- _Work to be completed_: Every line of the listing below should be written out exactly.

--*--

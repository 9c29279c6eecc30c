//! Values written into a buffer. Each `set` requires the room that its value takes, and each `put` tests it first.

ghost use Rattle.std.specs.Prelude.{◌≡◌, ◌^◌, ◌+◌, ◌<◌, ◌≤◌, length};
ghost use Rattle.yp_xdr.specs.Kind.{U32, I32, Boolean, Fixed, Opaque};
ghost use Rattle.yp_xdr.specs.Spelling.{spelling};
ghost use Rattle.yp_xdr.specs.inside.Writing.{written, Writes, Sets};

use crate::fault::NoRoom;
use crate::padding::{WORD, padding_of};

/// Writes an unsigned integer at `at`, and answers the place after it (RFC 4506 section 4.2).
pub fn put_u32(buf: &mut [u8], at: usize, value: u32) -> Result<usize, NoRoom>
    requires { at ≤ length buf.old }
    ensures { Writes (spelling U32 value) at result buf.old buf.new }
{
    if buf.len() - at < WORD {
        return Err(NoRoom);
    }
    Ok(set_u32(buf, at, value))
}

/// Writes a signed integer in two's complement at `at`, and answers the place after it (RFC 4506 section 4.1).
pub fn put_i32(buf: &mut [u8], at: usize, value: i32) -> Result<usize, NoRoom>
    requires { at ≤ length buf.old }
    ensures { Writes (spelling I32 value) at result buf.old buf.new }
{
    put_u32(buf, at, value.cast_unsigned())
}

/// Writes a boolean at `at`, and answers the place after it (RFC 4506 section 4.4).
pub fn put_bool(buf: &mut [u8], at: usize, value: bool) -> Result<usize, NoRoom>
    requires { at ≤ length buf.old }
    ensures { Writes (spelling Boolean value) at result buf.old buf.new }
{
    put_u32(buf, at, u32::from(value))
}

/// Writes bytes behind their length and padded with zeros at `at`, and answers the place after them
/// (RFC 4506 sections 4.10 and 4.11).
pub fn put_opaque(buf: &mut [u8], at: usize, bytes: &[u8]) -> Result<usize, NoRoom>
    requires place { at ≤ length buf.old }
    requires len { length bytes.now < 2 ^ 32 }
    ensures { Writes (spelling (Opaque (length bytes.now)) bytes.now) at result buf.old buf.new }
{
    if buf.len() - at < opaque_len(bytes) {
        return Err(NoRoom);
    }
    Ok(set_opaque(buf, at, bytes))
}

/// Writes bytes padded with zeros at `at`, and answers the place after them (RFC 4506 section 4.9).
pub fn put_fixed(buf: &mut [u8], at: usize, bytes: &[u8]) -> Result<usize, NoRoom>
    requires { at ≤ length buf.old }
    ensures { Writes (spelling (Fixed (length bytes.now)) bytes.now) at result buf.old buf.new }
{
    if buf.len() - at < fixed_len(bytes) {
        return Err(NoRoom);
    }
    Ok(set_fixed(buf, at, bytes))
}

/// Writes an unsigned integer at `at`, and answers the place after it.
pub fn set_u32(buf: &mut [u8], at: usize, value: u32) -> usize
    requires { at + 4 ≤ length buf.old }
    ensures { Sets (spelling U32 value) at result buf.old buf.new }
{
    set_bytes(buf, at, &value.to_be_bytes())
}

/// Writes a signed integer in two's complement at `at`, and answers the place after it.
pub fn set_i32(buf: &mut [u8], at: usize, value: i32) -> usize
    requires { at + 4 ≤ length buf.old }
    ensures { Sets (spelling I32 value) at result buf.old buf.new }
{
    set_u32(buf, at, value.cast_unsigned())
}

/// Writes a boolean at `at`, and answers the place after it.
pub fn set_bool(buf: &mut [u8], at: usize, value: bool) -> usize
    requires { at + 4 ≤ length buf.old }
    ensures { Sets (spelling Boolean value) at result buf.old buf.new }
{
    set_u32(buf, at, u32::from(value))
}

/// Writes bytes behind their length and padded with zeros at `at`, and answers the place after them.
#[tactic(auto, unfolding(crate::specs::Spelling::opaque))]
pub fn set_opaque(buf: &mut [u8], at: usize, bytes: &[u8]) -> usize
    requires len { length bytes.now < 2 ^ 32 }
    requires room { at + length (spelling (Opaque (length bytes.now)) bytes.now) ≤ length buf.old }
    ensures { Sets (spelling (Opaque (length bytes.now)) bytes.now) at result buf.old buf.new }
{
    let content = set_u32(buf, at, bytes.len() as u32);
    set_fixed(buf, content, bytes)
}

/// Writes bytes padded with zeros at `at`, and answers the place after them. A whole word of zeros is written first and
/// the bytes over it, since to write only as many as the padding has would cost more.
#[tactic(auto, unfolding(crate::specs::Spelling::fixed))]
pub fn set_fixed(buf: &mut [u8], at: usize, bytes: &[u8]) -> usize
    requires { at + length (spelling (Fixed (length bytes.now)) bytes.now) ≤ length buf.old }
    ensures { Sets (spelling (Fixed (length bytes.now)) bytes.now) at result buf.old buf.new }
{
    if bytes.is_empty() {
        return at;
    }
    let end = at + fixed_len(bytes);
    set_bytes(buf, end - WORD, &[0; WORD]);
    set_bytes(buf, at, bytes);
    end
}

/// How many bytes [`put_opaque`] writes for these bytes.
#[tactic(auto, unfolding(crate::specs::Spelling::opaque))]
pub fn opaque_len(bytes: &[u8]) -> usize
    requires { length bytes.now < 2 ^ 32 }
    ensures value { result ≡ length (spelling (Opaque (length bytes.now)) bytes.now) }
    ensures bound { result < length bytes.now + 8 }
{
    WORD + fixed_len(bytes)
}

/// How many bytes [`put_fixed`] writes for these bytes.
pub fn fixed_len(bytes: &[u8]) -> usize
    ensures value { result ≡ length (spelling (Fixed (length bytes.now)) bytes.now) }
    ensures bound { result < length bytes.now + 4 }
{
    bytes.len() + padding_of(bytes.len())
}

/// Writes bytes as they are at `at`, and answers the place after them.
#[inline(always)]
pub fn set_bytes(buf: &mut [u8], at: usize, bytes: &[u8]) -> usize
    requires { at + length bytes.now ≤ length buf.old }
    ensures { Sets bytes.now at result buf.old buf.new }
{
    let end = at + bytes.len();
    copy(&mut buf[at..end], bytes);
    end
}

// Copies bytes. Few of them are copied as two parts of a fixed length, which may overlap: most values of messages are
// so short that a copy of a length that is known only then would cost more.
#[inline(always)]
fn copy(to: &mut [u8], bytes: &[u8])
    requires { length to.old ≡ length bytes.now }
    ensures { to.new ≡ bytes.now }
{
    match bytes.len() {
        8..=15 => copy_ends::<8>(to, bytes),
        16..=31 => copy_ends::<16>(to, bytes),
        32..=64 => copy_ends::<32>(to, bytes),
        _ => to.copy_from_slice(bytes),
    }
}

// Copies the first `N` bytes and the last ones, which together are all.
#[inline(always)]
fn copy_ends<const N: usize>(to: &mut [u8], bytes: &[u8])
    requires room { length to.old ≡ length bytes.now }
    requires first { N ≤ length bytes.now }
    requires all { length bytes.now ≤ N + N }
    ensures { to.new ≡ bytes.now }
{
    let last = bytes.len() - N;
    to[..N].copy_from_slice(&bytes[..N]);
    to[last..].copy_from_slice(&bytes[last..]);
}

--*--

- _Exercise solution_:
repository 9c29279c6eecc30c
//! Values written into a buffer. Each `set` requires the room that its value takes, and each `put` tests it first.

ghost use Rattle.std.specs.Prelude.{◌≡◌, ◌^◌, ◌+◌, ◌<◌, ◌≤◌, length};
ghost use Rattle.yp_xdr.specs.Kind.{U32, I32, Boolean, Fixed, Opaque};
ghost use Rattle.yp_xdr.specs.Spelling.{spelling};
ghost use Rattle.yp_xdr.specs.inside.Writing.{written, Writes, Sets};

use crate::fault::NoRoom;
use crate::padding::{WORD, padding_of};

/// Writes an unsigned integer at `at`, and answers the place after it (RFC 4506 section 4.2).
pub fn put_u32(buf: &mut [u8], at: usize, value: u32) -> Result<usize, NoRoom>
    requires { at ≤ length buf.old }
    ensures { Writes (spelling U32 value) at result buf.old buf.new }
{
    if buf.len() - at < WORD {
        return Err(NoRoom);
    }
    Ok(set_u32(buf, at, value))
}

/// Writes a signed integer in two's complement at `at`, and answers the place after it (RFC 4506 section 4.1).
pub fn put_i32(buf: &mut [u8], at: usize, value: i32) -> Result<usize, NoRoom>
    requires { at ≤ length buf.old }
    ensures { Writes (spelling I32 value) at result buf.old buf.new }
{
    put_u32(buf, at, value.cast_unsigned())
}

/// Writes a boolean at `at`, and answers the place after it (RFC 4506 section 4.4).
pub fn put_bool(buf: &mut [u8], at: usize, value: bool) -> Result<usize, NoRoom>
    requires { at ≤ length buf.old }
    ensures { Writes (spelling Boolean value) at result buf.old buf.new }
{
    put_u32(buf, at, u32::from(value))
}

/// Writes bytes behind their length and padded with zeros at `at`, and answers the place after them
/// (RFC 4506 sections 4.10 and 4.11).
pub fn put_opaque(buf: &mut [u8], at: usize, bytes: &[u8]) -> Result<usize, NoRoom>
    requires place { at ≤ length buf.old }
    requires len { length bytes.now < 2 ^ 32 }
    ensures { Writes (spelling (Opaque (length bytes.now)) bytes.now) at result buf.old buf.new }
{
    if buf.len() - at < opaque_len(bytes) {
        return Err(NoRoom);
    }
    Ok(set_opaque(buf, at, bytes))
}

/// Writes bytes padded with zeros at `at`, and answers the place after them (RFC 4506 section 4.9).
pub fn put_fixed(buf: &mut [u8], at: usize, bytes: &[u8]) -> Result<usize, NoRoom>
    requires { at ≤ length buf.old }
    ensures { Writes (spelling (Fixed (length bytes.now)) bytes.now) at result buf.old buf.new }
{
    if buf.len() - at < fixed_len(bytes) {
        return Err(NoRoom);
    }
    Ok(set_fixed(buf, at, bytes))
}

/// Writes an unsigned integer at `at`, and answers the place after it.
pub fn set_u32(buf: &mut [u8], at: usize, value: u32) -> usize
    requires { at + 4 ≤ length buf.old }
    ensures { Sets (spelling U32 value) at result buf.old buf.new }
{
    set_bytes(buf, at, &value.to_be_bytes())
}

/// Writes a signed integer in two's complement at `at`, and answers the place after it.
pub fn set_i32(buf: &mut [u8], at: usize, value: i32) -> usize
    requires { at + 4 ≤ length buf.old }
    ensures { Sets (spelling I32 value) at result buf.old buf.new }
{
    set_u32(buf, at, value.cast_unsigned())
}

/// Writes a boolean at `at`, and answers the place after it.
pub fn set_bool(buf: &mut [u8], at: usize, value: bool) -> usize
    requires { at + 4 ≤ length buf.old }
    ensures { Sets (spelling Boolean value) at result buf.old buf.new }
{
    set_u32(buf, at, u32::from(value))
}

/// Writes bytes behind their length and padded with zeros at `at`, and answers the place after them.
#[tactic(auto, unfolding(crate::specs::Spelling::opaque))]
pub fn set_opaque(buf: &mut [u8], at: usize, bytes: &[u8]) -> usize
    requires len { length bytes.now < 2 ^ 32 }
    requires room { at + length (spelling (Opaque (length bytes.now)) bytes.now) ≤ length buf.old }
    ensures { Sets (spelling (Opaque (length bytes.now)) bytes.now) at result buf.old buf.new }
{
    let content = set_u32(buf, at, bytes.len() as u32);
    set_fixed(buf, content, bytes)
}

/// Writes bytes padded with zeros at `at`, and answers the place after them. A whole word of zeros is written first and
/// the bytes over it, since to write only as many as the padding has would cost more.
#[tactic(auto, unfolding(crate::specs::Spelling::fixed))]
pub fn set_fixed(buf: &mut [u8], at: usize, bytes: &[u8]) -> usize
    requires { at + length (spelling (Fixed (length bytes.now)) bytes.now) ≤ length buf.old }
    ensures { Sets (spelling (Fixed (length bytes.now)) bytes.now) at result buf.old buf.new }
{
    if bytes.is_empty() {
        return at;
    }
    let end = at + fixed_len(bytes);
    set_bytes(buf, end - WORD, &[0; WORD]);
    set_bytes(buf, at, bytes);
    end
}

/// How many bytes [`put_opaque`] writes for these bytes.
#[tactic(auto, unfolding(crate::specs::Spelling::opaque))]
pub fn opaque_len(bytes: &[u8]) -> usize
    requires { length bytes.now < 2 ^ 32 }
    ensures value { result ≡ length (spelling (Opaque (length bytes.now)) bytes.now) }
    ensures bound { result < length bytes.now + 8 }
{
    WORD + fixed_len(bytes)
}

/// How many bytes [`put_fixed`] writes for these bytes.
pub fn fixed_len(bytes: &[u8]) -> usize
    ensures value { result ≡ length (spelling (Fixed (length bytes.now)) bytes.now) }
    ensures bound { result < length bytes.now + 4 }
{
    bytes.len() + padding_of(bytes.len())
}

/// Writes bytes as they are at `at`, and answers the place after them.
#[inline(always)]
pub fn set_bytes(buf: &mut [u8], at: usize, bytes: &[u8]) -> usize
    requires { at + length bytes.now ≤ length buf.old }
    ensures { Sets bytes.now at result buf.old buf.new }
{
    let end = at + bytes.len();
    copy(&mut buf[at..end], bytes);
    end
}

// Copies bytes. Few of them are copied as two parts of a fixed length, which may overlap: most values of messages are
// so short that a copy of a length that is known only then would cost more.
#[inline(always)]
fn copy(to: &mut [u8], bytes: &[u8])
    requires { length to.old ≡ length bytes.now }
    ensures { to.new ≡ bytes.now }
{
    match bytes.len() {
        8..=15 => copy_ends::<8>(to, bytes),
        16..=31 => copy_ends::<16>(to, bytes),
        32..=64 => copy_ends::<32>(to, bytes),
        _ => to.copy_from_slice(bytes),
    }
}

// Copies the first `N` bytes and the last ones, which together are all.
#[inline(always)]
fn copy_ends<const N: usize>(to: &mut [u8], bytes: &[u8])
    requires room { length to.old ≡ length bytes.now }
    requires first { N ≤ length bytes.now }
    requires all { length bytes.now ≤ N + N }
    ensures { to.new ≡ bytes.now }
{
    let last = bytes.len() - N;
    to[..N].copy_from_slice(&bytes[..N]);
    to[last..].copy_from_slice(&bytes[last..]);
}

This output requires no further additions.